Tuesday, January 13, 2015

After the Paris Attacks: Will We Choose a God of Hate or a God of Love?



“Religion can be a passion -- the same passion that motivates religious people to do great things is the same one that [on 9/11] brought all that destruction…. there [is] no greater and more destructive force on the surface of this earth than the religious passion.”    --from “Faith and Doubt at Ground Zero”, Monsignor Lorenzo Albacete

If we choose God, when we choose God, which God will it be? A God of love? A God of hate?  

That is the question which has haunted me since the terror attacks in France last week, which left seventeen innocent people dead, a city traumatized, a nation terrorized, and a world once again reminded of the terrible price paid when religion goes evil. When religion inspires violence. When religion gets so twisted and warped, that “religious” people hate, murder, and even dare to proclaim that they do so in “the name of God”.

It’s tempting to imagine that this is a modern problem, one born in the ashes of 9/11, when religious fundamentalism moved a group of extremists to attack thousands of innocents.  But the question of what kind of God humans worship, know and proclaim is as old as faith itself.  Life itself. From the moment tens of thousands of years ago when our ancient ancestors stared up into a night sky at the stars and imagined, hoped, that a power greater than themselves was somehow behind all of existence, religion has been used for good and evil in the world. Religion has inspired humankind’s greatest acts of kindness, mercy and compassion and humanity’s absolute worst acts of depravity and hatred too.

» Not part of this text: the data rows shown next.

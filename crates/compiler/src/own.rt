// The own code of the item that ends at a position: what it does with the values of its operands, wherever they are.
ghost use Rattle.std.specs.Prelude.{◌≡◌, ◌-◌, ◌≤◌, get_or, eqb};
ghost use Rattle.word.specs.Choice.{pick, both};
ghost use Rattle.emission.specs.Macros.{placed, optional};
ghost use Rattle.emission.specs.OnTape.{OnTape};
ghost use Rattle.compiler.specs.Lies.{first as first_of};
ghost use Rattle.compiler.specs.Post.{PlaceAt, Reads, Applies, Operates, Compares, RelationAt, agree};

use crate::items::{is_kind, strict_operator, unary_operator};
use crate::places::{Right, place_of};
use emission::elements::reading;
use emission::jumps::comparing;
use emission::strict::{operating, relation};
use emission::tape::Tape;
use emission::unary::applying;
use emission::{Array, Jump, Sides};
use flat::item::Kind;
use flat::operator::Unary;
use processor::Cond;
use word::lists::word;

// An element of an array.
pub fn element(words: &[u32], end: usize, d: u32, tape: &mut Tape)
    requires { (4 ≤ end) × (tape.old.at ≤ 262144) }
    ensures { OnTape (Reads words.now end d) tape.old tape.new }
{
    let offset = word(words, end - 2);
    let size = word(words, end - 1);
    let p = place_of(words, end - 4, d);
    reading(tape, Array { offset, size }, p, d);
}

// A unary operator.
pub fn unary(words: &[u32], end: usize, d: u32, tape: &mut Tape)
    requires { 4 ≤ end }
    ensures { OnTape (Applies words.now end d) tape.old tape.new }
{
    let o = unary_operator(words, end);
    let p = place_of(words, end - 4, d);
    applying(tape, o, p, d);
}

// Where the values of both sides are.
fn places(words: &[u32], end: usize, right: Right, d: u32) -> Sides
    requires { 4 ≤ end }
    ensures left { PlaceAt words.now right.middle d (placed result.left) }
    ensures right { PlaceAt words.now (end - 4) right.next (placed result.right) }
{
    Sides {
        left: place_of(words, right.middle, d),
        right: place_of(words, end - 4, right.next),
    }
}

// A strict operator.
pub fn strict(words: &[u32], end: usize, right: Right, d: u32, tape: &mut Tape)
    requires { (4 ≤ end) × (tape.old.at ≤ 262144) }
    ensures { OnTape (Operates words.now end right.middle right.next d) tape.old tape.new }
{
    let o = strict_operator(words, end);
    let both = places(words, end, right, d);
    operating(tape, o, both, d);
}

// A comparison as a jump.
pub fn compare(
    words: &[u32],
    way: Jump,
    comparison: (Cond, bool),
    end: usize,
    right: Right,
    d: u32,
    tape: &mut Tape,
)
    requires { (4 ≤ end) × (tape.old.at ≤ way.to) }
    ensures { OnTape (λ at. Compares words.now way.near way.when comparison.0 comparison.1 end right.middle right.next d at way.to) tape.old tape.new }
{
    let both = places(words, end, right, d);
    comparing(tape, way, comparison, both);
}

// The one branch that an item is as a condition, if it is one: a comparison, and whether the sides are exchanged.
pub fn relation_of(words: &[u32], end: usize) -> Option<(Cond, bool)>
    requires { 4 ≤ end }
    ensures { RelationAt words.now end (optional result) }
{
    if is_kind(words, end, Kind::Strict) {
        let o = strict_operator(words, end);
        return relation(o);
    }
    None
}

// Whether an item is `!`.
pub fn is_not(words: &[u32], end: usize) -> bool
    requires { 4 ≤ end }
    ensures { result ≡ both (eqb (get_or words.now (end - 4) 0) 4) (eqb (first_of words.now end) 1) }
{
    if is_kind(words, end, Kind::Unary) {
        return word(words, end - 2) == Unary::Not as u32;
    }
    false
}

// Where the left side of `&&` or `||` jumps to, when its right side, put before `at`, jumps to `to` where its truth is t.
pub fn aim(t: bool, other: bool, to: usize, at: usize) -> usize
    ensures { result ≡ pick (agree t other) to at }
{
    if t == other { to } else { at }
}
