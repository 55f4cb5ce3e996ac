// The compiler: from the words of a flat core program to the image. Each function makes what a definition of the crate `codegen` gives of every
// program that the words may hold.
#![tactic(auto)]

pub mod items; // items, by the position behind them, and where an expression starts
pub mod places; // where values are
pub mod own; // an item's own code
pub mod calls; // calls and their arguments
pub mod values; // expressions, as values and as conditions
pub mod statements; // statements and blocks
pub mod functions; // functions, and how long they are
pub mod programs; // where functions begin, and the image

// The words of a flat core program, and where its functions begin; whether branches reach all of the function whose code is made.
#[derive(Clone, Copy)]
pub struct Code<'a> {
    pub words: &'a [u32],
    pub entries: &'a [u32],
    pub near: bool,
}

// Why there is no image: its code is longer than an image's may be, or than there is room for.
#[derive(Clone, Copy, Debug, PartialEq, Eq)]
pub struct TooLong;
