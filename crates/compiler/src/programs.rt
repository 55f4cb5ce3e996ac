// Whole programs: where functions begin, their code, and the image.
ghost use Rattle.std.specs.Prelude.{◌+◌, ◌*◌, ◌≤◌, ◌<◌, length, get_or};
ghost use Rattle.emission.specs.OnTape.{OnTape};
ghost use Rattle.compiler.specs.Programs.{Lengths, Layout, Bodies, Compiles, Bounded};

use crate::calls::{MOST_INSTRUCTIONS, entry_of};
use crate::functions::{function, is_near, measure};
use crate::{Code, TooLong};
use emission::image::{bytes, starting, traps};
use emission::tape::Tape;
use word::lists::word;

// The position of the first function.
pub const FUNCTIONS_START: usize = 15;

// The longest code, in instructions.
pub const MOST: usize = MOST_INSTRUCTIONS as usize;

// How long the code of a function is.
pub fn length_of(words: &[u32], entries: &[u32], base: usize, scratch: &mut [u32]) -> usize
    requires { base ≤ 1073741824 }
    ensures lengths { Lengths words.now base result }
    ensures within { result ≤ 262144 }
{
    let near = is_near(words, entries, base, scratch);
    let code = Code {
        words,
        entries,
        near,
    };
    measure(code, base, scratch)
}

// Writes where n functions begin, and behind them where the last one ends: that position.
pub fn layout(
    words: &[u32],
    n: usize,
    entries: &mut [u32],
    scratch: &mut [u32],
) -> Result<usize, TooLong>
    requires { (3 + 4 * n ≤ 1073741824) × (n < length entries.old) }
    ensures { Layout words.now entries.new n result }
{
    let mut p = FUNCTIONS_START;
    for f in 0..entries.len() {
        entries[f] = p as u32;
        if n <= f {
            continue;
        }
        p += length_of(words, entries, 3 + 4 * f, scratch);
        if MOST < p {
            return Err(TooLong);
        }
    }
    Ok(p)
}

// The code of n functions, the last one first. What is said holds of any first n of them, so that n stands beside the words.
pub fn bodies(words: &[u32], entries: &[u32], n: usize, scratch: &mut [u32], tape: &mut Tape)
    requires { (3 + 4 * n ≤ 1073741824) × (tape.old.at ≤ 262144) }
    ensures { OnTape (Bodies words.now entries.now n) tape.old tape.new }
{
    for f in (0..n).rev() {
        let near = is_near(words, entries, 3 + 4 * f, scratch);
        let code = Code {
            words,
            entries,
            near,
        };
        function(code, 3 + 4 * f, tape);
    }
}

// The image of the program that the words hold, and its length in bytes. `entries` has a word more than there are functions, `out` has room for the longest code.
pub fn compile(
    words: &[u32],
    entries: &mut [u32],
    scratch: &mut [u32],
    out: &mut [u32],
    image: &mut [u8],
) -> Result<usize, TooLong>
    requires { (length words.now ≤ 1073741824) × ((3 + 4 * get_or words.now 0 0 ≤ 1073741824) × ((get_or words.now 0 0 < length entries.old) × (131072 ≤ length out.old))) }
    ensures compiles { Compiles words.now image.old result image.new }
    ensures bounded { Bounded result }
{
    let n = word(words, 0) as usize;
    let end = layout(words, n, entries, scratch)?;
    if image.len() < 4 * end {
        return Err(TooLong);
    }
    let mut tape = Tape {
        words: out,
        at: end,
    };
    bodies(words, entries, n, scratch, &mut tape);
    traps(&mut tape);
    let main = entry_of(entries, word(words, 1));
    starting(&mut tape, main);
    bytes(tape.words, end, image);
    Ok(4 * end)
}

As a person of faith and a clergyman, one who has staked his whole life in the service of religion and all the good it can and does do, it is heart breaking for me to name this truth. The reality that religious faith can evoke the noblest of human behavior and the most heinous as well. I’m embarrassed, ashamed and angry that any of my fellow faith adherents—Muslims, Jews, Christians, whomever—would use the cloak of faith in God to justify hatred and bloodshed.  Would have the arrogance to cry out “God is great!” while shooting a police officer, killing a cartoonist, gunning down a shopper in a neighborhood deli, all of which happened in Paris.

Some hope is emerging from these events.  More than 1.5 million French rallied in Paris to proclaim “WE ARE NOT AFRAID!” in the largest such demonstration in that nation since 1944.  They were joined by many political leaders, including the Prime Minister of Israel and the President of the Palestinian Authority, representing two peoples locked in a titanic struggle often fueled by religious intolerance. There’s the story of the Muslim deli employee, Lassana Bathily, who led his customers to safety, as the terrorists took hostages.  On social media and in the press, moderate Muslims are speaking out and up and against the terrorists and their supporters, and they are doing so more forcefully and publicly than perhaps ever before.

This is where the real reformation and transformation of all religion has to start, has to continue. From the believers themselves. From the ones within a given religious faith who refuse to allow their particular faith in God to be hijacked by fellow adherents, those who through fundamentalism, extremism, fear and even bloodshed, pretend to love and honor “their” God.  The brave, the religious dissenters: they and they alone, must finally have the courage and the tenacity to take back their religions. And not just in Islam, but in any religion which uses the power of faith in God for naked human power, and all to oppress, to hate, to hurt, to control, to dismiss. 

Until this happens, I’m sad to say that I think nothing will change.  God wants things to change, of this I am absolutely convinced.  Yet finally it is God’s followers who must choose just what kind of God they believe in.    

The world is a very religious place: 84 percent of its population claims a place in a specific religious tradition.  We do not need more religion. We need better religion, belief systems and practices which make our fragile and beautiful big blue marble, our God created home, a better place. A safer place. A more loving place.  A tolerant place. A hopeful place where all—people all faiths, people of no faith—can live together in peace.  It’s that simple. It’s that difficult.

A God of love. A God of hate.  For the religious, this is the choice.